# Making a Tapping Chuck



## Rob Thule (Sep 19, 2022)

I have one of those 2 jaw chucks which caters for M5 upwards, but needed one for the smaller taps for a future project. Not wanting to spend money on a chuck which are notorious for having plenty of wobble, I decided to roll my own. I found an old hand drill chuck with a missing jaw which also relies on an inside taper to close the jaws.

I made a jaw carrier from a grade 5 bolt. This pushes the jaws against the internal taper to close them and, in use, transfers the torque necessary to turn the tap.




Next came the jaws, made from a truck spring. Lots of carefulling went into making these tiny parts. The mill setup got the V notch almost on centre.
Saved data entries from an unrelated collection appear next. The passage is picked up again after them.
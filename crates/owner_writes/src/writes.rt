//! All that one owner wrote, in order.

ghost use Rattle.std.specs.Prelude.{◌≡◌, ◌+◌, ◌^◌, ◌<◌, ◌≤◌, Some, None, MatchOption, OnOk, OnErr, IsOkUnless, length, map};
ghost use Rattle.bench_types.specs.declared.faults.Fault.TheVariants.{OutOfMemory};

use bench_types::Fault;
use std::alloc::Global;
use std::marker::Model;
use std::snapshot::Snapshot;

/// A write as it is kept.
#[derive(Drop)]
pub struct Kept {
    pub key: u32,
    pub value: u32,
    /// The round in which the owner wrote it.
    pub born: u32,
    /// The n-th write of a generation has version n, from 1.
    pub version: u32,
    // The owner's generation when it wrote this. It takes no memory.
    generation: Snapshot<u32>,
}

/// All writes of one owner. What was written never changes.
#[derive(Drop)]
pub struct OwnerWrites {
    // Those of its earlier generations, so many, and then those of the one that it is in.
    kept: Vec<Kept>,
    earlier: usize,
    generation: u32,
}

impl Model for OwnerWrites {
    ghost use Rattle.model.specs.calls.OwnerListView.{OwnerListView};
    ghost use Rattle.owner_writes.specs.inner.Codes.{list_code};
    ghost use Rattle.owner_writes.specs.inner.Views.{view_of, IsKept};

    ghost Value = { OwnerListView };

    ghost coded = { list_code };

    ghost view = { λ w. view_of w.kept.items w.earlier w.generation };

    ghost invariant = { λ w. IsKept w.kept.items w.earlier w.generation };
}

impl OwnerWrites {
    ghost use Rattle.model.specs.calls.OwnerListView.{entries_of, no_writes, with_write, begun_generation};
    ghost use Rattle.model.specs.calls.Numbers.{write_numbered};
    ghost use Rattle.bench_types.specs.declared.entries.Entry.{Entry};
    ghost use Rattle.owner_writes.specs.Kept.{entry_kept};
    ghost use Rattle.owner_writes.specs.Numbered.{start_of};

    /// Those of an owner that has written nothing, in generation 0. They take no memory yet.
    pub fn new(alloc: Global) -> OwnerWrites
        ensures { result ≡ no_writes }
    {
        OwnerWrites {
            kept: Vec::new(alloc),
            earlier: 0,
            generation: 0,
        }
    }

    /// The owner writes a value to a key in a round: the version is one above the last one's. An error is lack of
    /// memory (`OutOfMemory`), and then nothing was added.
    pub fn write(&mut self, key: u32, value: u32, born: u32) -> Result<(), Fault>
        requires { length self.old.current + 1 < 2 ^ 32 }
        ensures ok { OnOk result (self.new ≡ with_write self.old key value born) }
        ensures err { OnErr result (self.new ≡ self.old) }
        ensures only { IsOkUnless result OutOfMemory }
    {
        let version = self.len() + 1;
        let generation = Snapshot::of(&self.generation);
        self.kept.push(Kept {
            key,
            value,
            born,
            version,
            generation,
        })?;
        Ok(())
    }

    /// The owner forgets, and begins its next generation with nothing. What it wrote stays, as that of
    /// earlier generations. It takes no memory.
    pub fn begin_generation(&mut self)
        requires { self.old.generation + 1 < 2 ^ 32 }
        ensures { self.new ≡ begun_generation self.old }
    {
        self.earlier = self.kept.len();
        self.generation += 1;
    }

    /// All is gone, as in a new one. It keeps its room.
    pub fn clear(&mut self)
        ensures { self.new ≡ no_writes }
    {
        self.kept.clear();
        self.earlier = 0;
        self.generation = 0;
    }

    /// How often the owner began another generation.
    pub fn generation(&self) -> u32
        ensures { result ≡ self.now.generation }
    {
        self.generation
    }

    /// Its writes of its generation, in order. Nothing is copied or walked over.
    pub fn current(&self) -> &[Kept]
        ensures { map entry_kept result.now ≡ self.now.current }
    {
        &self.kept[self.earlier..]
    }

    /// How many writes there are of its generation.
    pub fn len(&self) -> u32
        ensures { result ≡ length self.now.current }
    {
        (self.kept.len() - self.earlier) as u32
    }

    /// The write of a number, which counts all its writes from 1, those of earlier generations too. One step.
    pub fn numbered(&self, number: u32) -> Option<&Kept>
        ensures { MatchOption result (write_numbered (entries_of self.now) number ≡ None)
            (λ kept. write_numbered (entries_of self.now) number ≡ Some (entry_kept kept.now)) }
    {
        let place = number.checked_sub(1)?;
        self.kept.get(place as usize)
    }

    /// How many writes there were before the generation of a number's write, 0 where there is no such write.
    pub fn start_of(&self, number: u32) -> u32
        requires { (e : Entry) → write_numbered (entries_of self.now) number ≡ Some e → e.version ≤ number }
        ensures start { result ≡ start_of (entries_of self.now) number }
        ensures upto { result ≤ number }
    {
        match self.numbered(number) {
            Some(write) => number - write.version,
            None => 0,
        }
    }

    /// How many writes there are of all its generations.
    pub fn count(&self) -> usize
        ensures { result ≡ length (entries_of self.now) }
    {
        self.kept.len()
    }

    /// How many of them are of earlier generations.
    pub fn earlier_count(&self) -> usize
        ensures { result ≡ length self.now.earlier }
    {
        self.earlier
    }
}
I had to squeak the difference using the surface grinder to get it spot on.




The jaws were drilled so I could rivet them to a mandrel, with the holes later serving to house a spring. The rivet held and the jaws were turned and tapered. Finally they were heat treated.







I think the chuck is satisfactory


----------



## MrWhoopee (Sep 19, 2022)

That's some very nice work!


----------



## brino (Sep 19, 2022)

Great idea and very well done!
Thanks for sharing it.

Creative use of the 1-2-3 block as a mini-pallet work holder.
I will have to remember that.

Brian


----------